Fort Sumter Flag - Major Robert Anderson

On the night of December 26th, under cover of darkness, Major Anderson evacuates his garrison of sixty to seventy men, along with the women and children, onto three small vessels and gets them safely within the strong granite walls of Fort Sumter.

The next day, December 27th, at noon, the national flag that was carried from Fort Moultrie, is raised upon the flag-staff of Sumter.  Everyone gathers around the staff. Major Anderson kneels  while the Reverend Matthias Harris says  a prayer asking for encouragement, support, and mercy.  Anderson pulls the cord and hoists the Fort Sumter flag to the top of the flag pole as a band plays “Hail Columbia.” Soon the people of Charleston can see the stars and stripes floating above the fort, and they wonder what Robert Anderson will do next.

When Governor Pickens discovers that Major Anderson has moved his garrison to Fort Sumter, he immediately demands Anderson’s withdrawal.

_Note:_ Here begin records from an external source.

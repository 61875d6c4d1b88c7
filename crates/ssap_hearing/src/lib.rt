//! How far the bytes of a link are let through: laws alone.
#![tactic(auto)]

mod laws;

pub use laws::links_are_heard_once;
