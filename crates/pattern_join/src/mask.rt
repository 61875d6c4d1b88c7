//! Masks of triple patterns.
ghost use Rattle.m3_terms.specs.TermTable.{NamesOnce};
ghost use Rattle.sparql_algebra.specs.Merged.{IsRising};
ghost use Rattle.sparql_algebra.specs.TermSolutions.{id_var, HasTerms};
ghost use Rattle.pattern_join.specs.Search.{IsMask, IsMaskPlace};

use m3_terms::{TermId, TermTable};
use sparql_algebra::{Mapping, PatternTriple, Place};
use triple_index::IdPattern;

// The mask of a triple pattern into which a row is put, or `None` where a term of the pattern has no number, so that no
// triple fits.
pub(crate) fn mask_of<T: TermTable>(
    pattern: &PatternTriple,
    row: &Mapping,
    table: &T,
) -> Option<IdPattern>
    requires rising { IsRising id_var row.now }
    requires named { HasTerms (T.terms table.now) row.now }
    requires once { NamesOnce (T.terms table.now) }
    ensures { IsMask (T.terms table.now) row.now pattern.now result }
{
    let subject = place_of(&pattern.subject, row, table)?;
    let predicate = place_of(&pattern.predicate, row, table)?;
    let object = place_of(&pattern.object, row, table)?;
    Some(IdPattern {
        subject,
        predicate,
        object,
    })
}

// What the mask has in a position, or `None` where a term there has no number.
fn place_of<T: TermTable>(place: &Place, row: &Mapping, table: &T) -> Option<Option<TermId>>
    requires rising { IsRising id_var row.now }
    requires named { HasTerms (T.terms table.now) row.now }
    requires once { NamesOnce (T.terms table.now) }
    ensures { IsMaskPlace (T.terms table.now) row.now place.now result }
{
    match place {
        Place::Var(var) => Some(row.get(*var)),
        Place::Is(term) => {
            let id = table.id_of(term)?;
            Some(Some(id))
        }
    }
}
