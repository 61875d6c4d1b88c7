//! Laws of what is heard on a link. The function does nothing: its contract is the laws.

ghost use Rattle.ssap_hearing.specs.Hearing.{FrontsExist, FrontsOnce};

/// All bytes have a longest prefix that the grammar and the limit of messages let through, with its messages, and a stop where
/// another byte follows; and only one.
pub fn links_are_heard_once()
    ensures exist { FrontsExist }
    ensures once { FrontsOnce }
{}
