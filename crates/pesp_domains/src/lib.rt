//! Sets of time differences to the first event of a component, and what the rows of a network take from them.
#![tactic(auto)]

mod counts;
mod domains;
mod lanes;
pub mod laws;
mod outcome;
mod revise;
mod rows;
mod settle;
pub mod step;
mod waiting;

pub use counts::BLOCK;
pub use domains::Domains;
pub use outcome::Outcome;
pub use rows::Rows;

This request is politely refused, and Anderson, a native of the slave-labor state of Kentucky, is denounced throughout South Carolina as a “traitor to the South” and treated as a public enemy.

Fort Sumter Flag - Star of the West

On January 9th, 1861 President Buchanan sends an unarmed steamer, The Star of the West, to Fort Sumter in an attempt to replenish the garrison with badly needed supplies, food, and men. However, Cadets from The Citadel stationed on nearby Morris Island, fire upon the ship as it enters Charleston Harbor, forcing its return home.  These are considered the first shots fired in the American Civil War.

Governor Pickens sends his Secretary of State and Secretary of War as commissioners to Anderson on the 11th of January and make a formal demand for the surrender of the fort to South Carolinian authorities.  Anderson replies that he would sooner blow-up the fort and garrison than suffer such a humiliation.


Sources:

Lossing, Benson. Harper’s Encyclopedia of United States History. New York: Harper and Brothers Publishers, 1912.

Mottelay, Paul F. and T. Campbell Copeland.  The Soldier in Our Civil War. New York: Stanley Bradley Publishing Company, 1885.